» What is expected:
Search the data for "GateList". Return each matching line.
------------------------------------
ghost use Rattle.std.specs.Prelude.{◌≡◌, ◌≤◌, length, IfOk};

use crate::{Outcome, Worked, WorkedList, improve};
use pq_gate::{Eighths, Gate, GateList};
use pq_list::OutOfMemory;
use pq_match::Seg;
use pq_rules::{RawRow, Row, Rules, check_row};
use std::alloc::Global;
use std::process::Abort;
use std::test::Fail;
use std::thread::join;

const H: Gate = Gate::H { wire: 0 };

const X: Gate = Gate::X { wire: 0 };

const T: Gate = Gate::Phase {
    eighths: Eighths::T,
    wire: 0,
};

const S: Gate = Gate::Phase {
    eighths: Eighths::S,
    wire: 0,
};

const Z: Gate = Gate::Phase {
    eighths: Eighths::Z,
    wire: 0,
};

const SDG: Gate = Gate::Phase {
    eighths: Eighths::Sdg,
    wire: 0,
};

const TDG: Gate = Gate::Phase {
    eighths: Eighths::Tdg,
    wire: 0,
};

// The segment of these gates, with room for no more.
fn segment(alloc: Global, gates: &[Gate]) -> Result<Seg, OutOfMemory>
    requires { length gates.now ≤ 16 }
    ensures { IfOk result (λ seg. seg.items ≡ gates.now) }
{
    let mut seg = Seg::reserve(alloc, gates.len() as u32)?;
    for gate in gates {
        seg.push(*gate);
    }
    Ok(seg)
}

fn leaves(
    rt: &(impl Abort + AllocGlobal),
    gates: &[Gate],
    left: &[Gate],
    improved: bool,
    phase: u8,
) -> Result<(), OutOfMemory>
    requires { length gates.now ≤ 16 }
{
    let rules = Rules::builtin(rt.alloc())?;
    let mut seg = segment(rt.alloc(), gates)?;
    let outcome = improve(&rules, &mut seg);
    assert!(rt; seg.gates() == left, "{gates:?}");
    assert_eq!(rt; outcome, Outcome { improved, phase }, "{gates:?}");
    Ok(())
}

#[test]
fn rewriting_goes_on_until_there_is_no_redex(rt: HostRuntime) -> Result<(), Fail> {
    leaves(&rt, &[], &[], false, 0)?;
    leaves(&rt, &[H, H], &[], true, 0)?;
    leaves(&rt, &[T, S], &[T, S], false, 0)?;
    leaves(&rt, &[X, T, X], &[TDG], true, 1)?;
    leaves(&rt, &[H, S, H, S], &[SDG, H], true, 1)?;
    leaves(&rt, &[X, T, X, X, T, X], &[SDG], true, 2)?;
    leaves(&rt, &[H, X, X, H, T, T, T, T], &[Z], true, 0)?;
    Ok(())
}

// A rewriting opens a redex that begins before it, on a wire that it didn't touch.
#[test]
fn a_rewriting_opens_a_redex_before_it(rt: HostRuntime) -> Result<(), Fail> {
    let h1 = Gate::H { wire: 1 };
    let x1 = Gate::X { wire: 1 };
    let cx01 = Gate::Cx {
        control: 0,
        target: 1,
    };
    let cx10 = Gate::Cx {
        control: 1,
        target: 0,
    };
    leaves(&rt, &[H, h1, x1, x1, cx01, H, h1], &[cx10], true, 0)?;
    Ok(())
}

// So many T gates on wires of their own, in front of them an H on wire 0 and behind them two X and an H there.
fn apart(alloc: Global, count: u32) -> Result<Seg, OutOfMemory>
    requires { count ≤ 2000 }
{
    let mut seg = Seg::reserve(alloc, count + 4)?;
    seg.push(H);
    for number in 0..count {
        seg.push(Gate::Phase {
            eighths: Eighths::T,
            wire: number + 1,
        });
    }
    seg.push(X);
    seg.push(X);
    seg.push(H);
    Ok(seg)
}

#[test]
fn a_rewriting_opens_a_redex_far_before_it(rt: HostRuntime) -> Result<(), Fail> {
    let rules = Rules::builtin(rt.alloc())?;
    let mut seg = apart(rt.alloc(), 2_000)?;
    let outcome = improve(&rules, &mut seg);
    assert!(rt; outcome.improved);
    assert_eq!(rt; outcome.phase, 0);
    assert_eq!(rt; seg.gates().len(), 2_000);
    assert!(rt; !seg.gates().iter().any(|gate| gate.touches(0)));
    Ok(())
}

fn row_of(
    rt: &(impl Abort + AllocGlobal),
    pattern: &[Gate],
    replacement: &[Gate],
) -> Result<Row, OutOfMemory>
    requires pattern { length pattern.now ≤ 16 }
    requires replacement { length replacement.now ≤ 16 }
{
    let raw = RawRow {
        wires: 3,
        pattern: GateList::of(Vec::from_slice(rt.alloc(), pattern)?),
        replacement: GateList::of(Vec::from_slice(rt.alloc(), replacement)?),
    };
    match check_row(raw) {
        Ok(row) => Ok(row),
        Err(fault) => panic!(rt; "{fault:?}"),
    }
}

fn h_on(wire: u32) -> Gate {
    Gate::H { wire }
}

fn z_on(wire: u32) -> Gate {
    Gate::Phase {
        eighths: Eighths::Z,
        wire,
    }
}

fn cx_on(control: u32, target: u32) -> Gate {
    Gate::Cx { control, target }
}

// Two rows whose patterns have gates on wires apart from those before them. The first redex is one of the second row, and
// what it opens is one of the first row.
#[test]
fn rows_with_gates_on_wires_apart_are_rewritten(rt: HostRuntime) -> Result<(), Fail> {
    let one = row_of(
        &rt,
        &[
            cx_on(0, 1),
            h_on(2),
            h_on(1),
            cx_on(2, 0),
            z_on(0),
            cx_on(2, 0),
        ],
        &[cx_on(0, 1), h_on(2), h_on(1), z_on(0), z_on(2)],
    )?;
    let other = row_of(
        &rt,
        &[z_on(0), h_on(1), h_on(1), z_on(2)],
        &[cx_on(2, 0), z_on(0), cx_on(2, 0)],
    )?;
    let mut extra = Vec::new(rt.alloc());
    extra.push(one)?;
    extra.push(other)?;
    let rules = Rules::builtin(rt.alloc())?.with(rt.alloc(), extra)?;
    let given = [
        cx_on(0, 1),
        h_on(2),
        h_on(1),
        cx_on(0, 3),
        cx_on(0, 4),
        z_on(0),
        h_on(5),
        h_on(5),
        z_on(2),
    ];
    let mut seg = segment(rt.alloc(), &given)?;
    let outcome = improve(&rules, &mut seg);
    assert!(rt; outcome.improved);
    assert!(rt;
        seg.gates()
            == [
                cx_on(0, 3),
                cx_on(0, 4),
                cx_on(0, 1),
                h_on(2),
                h_on(1),
                z_on(0),
                z_on(2)
            ]
            .as_slice()
    );
    Ok(())
}

fn leaves_under(
    rt: &(impl Abort + AllocGlobal),
    rules: &Rules,
    gates: &[Gate],
    left: &[Gate],
) -> Result<(), OutOfMemory>
    requires { length gates.now ≤ 16 }
{
    let mut seg = segment(rt.alloc(), gates)?;
    let outcome = improve(rules, &mut seg);
    assert!(rt; outcome.improved);
    assert!(rt; seg.gates() == left, "{gates:?}");
    Ok(())
}

// The replacement has more gates than there are free places around the last gate of the redex, with one on another wire
// before it.
#[test]
fn a_long_replacement_finds_its_place(rt: HostRuntime) -> Result<(), Fail> {
    let row = row_of(
        &rt,
        &[
            cx_on(0, 1),
            h_on(2),
            h_on(1),
            cx_on(2, 0),
            z_on(0),
            cx_on(2, 0),
        ],
        &[cx_on(0, 1), h_on(2), h_on(1), z_on(0), z_on(2)],
    )?;
    let mut extra = Vec::new(rt.alloc());
    extra.push(row)?;
    let rules = Rules::builtin(rt.alloc())?.with(rt.alloc(), extra)?;
    let given = [
        cx_on(0, 1),
        h_on(2),
        h_on(1),
        cx_on(2, 0),
        z_on(0),
        h_on(5),
        cx_on(2, 0),
    ];
    let left = [h_on(5), cx_on(0, 1), h_on(2), h_on(1), z_on(0), z_on(2)];
    leaves_under(&rt, &rules, &given, &left)?;
    Ok(())
}

// Wires may be greater than the segment; the greatest number stands for no wire elsewhere.
#[test]
fn wires_may_be_any_numbers(rt: HostRuntime) -> Result<(), Fail> {
    let rules = Rules::builtin(rt.alloc())?;
    for wire in [4_096, 4_294_967_294, u32::MAX] {
        let gates = [h_on(wire), h_on(5), z_on(7), h_on(wire), h_on(5)];
        leaves_under(&rt, &rules, &gates, &[z_on(7)])?;
    }
    Ok(())
}

// Two H gates, worked under this ticket.
fn worked<'r>(alloc: Global, rules: &'r Rules, ticket: u64) -> Result<Worked<'r>, OutOfMemory> {
    let input = GateList::of(Vec::from_slice(alloc, &[H, H])?);
    let seg = segment(alloc, &[H, H])?;
    Ok(Worked::of(rules, ticket, input, seg))
}

fn is_worked(rt: &impl Abort, worked: &Worked<'_>, ticket: u64) {
    assert_eq!(rt; worked.ticket(), ticket);
    assert!(rt; worked.input() == [H, H].as_slice());
    assert!(rt; worked.output().is_empty());
    assert!(rt; worked.improved());
    assert_eq!(rt; worked.phase(), 0);
}

#[test]
fn worked_segments_are_kept_with_their_input_and_their_answer(rt: HostRuntime) -> Result<(), Fail> {
    let rules = Rules::builtin(rt.alloc())?;
    let mut list = WorkedList::with_room(rt.alloc(), 2)?;
    assert_eq!(&rt; list.room(), 2);
    let input = GateList::of(Vec::from_slice(rt.alloc(), &[H, H])?);
    let seg = segment(rt.alloc(), &[H, H])?;
    list.push_kept(Worked::of(&rules, 7, input, seg));
    for kept in list.as_slice() {
        is_worked(&rt, kept, 7);
    }
    assert_eq!(&rt; list.as_slice().len(), 1);
    Ok(())
}

#[test]
fn two_threads_share_the_rules_and_hand_back_what_they_worked(rt: HostRuntime) -> Result<(), Fail> {
    let alloc = rt.alloc();
    let rules = Rules::builtin(alloc)?;
    let (first, second) = join(
        &rt,
        || worked(alloc, &rules, 1),
        || worked(alloc, &rules, 2),
    );
    is_worked(&rt, &first?, 1);
    is_worked(&rt, &second?, 2);
    Ok(())
}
------------------------------------
» Answer space:
use pq_gate::{Eighths, Gate, GateList};
        pattern: GateList::of(Vec::from_slice(rt.alloc(), pattern)?),
        replacement: GateList::of(Vec::from_slice(rt.alloc(), replacement)?),
    let input = GateList::of(Vec::from_slice(alloc, &[H, H])?);
    let input = GateList::of(Vec::from_slice(rt.alloc(), &[H, H])?);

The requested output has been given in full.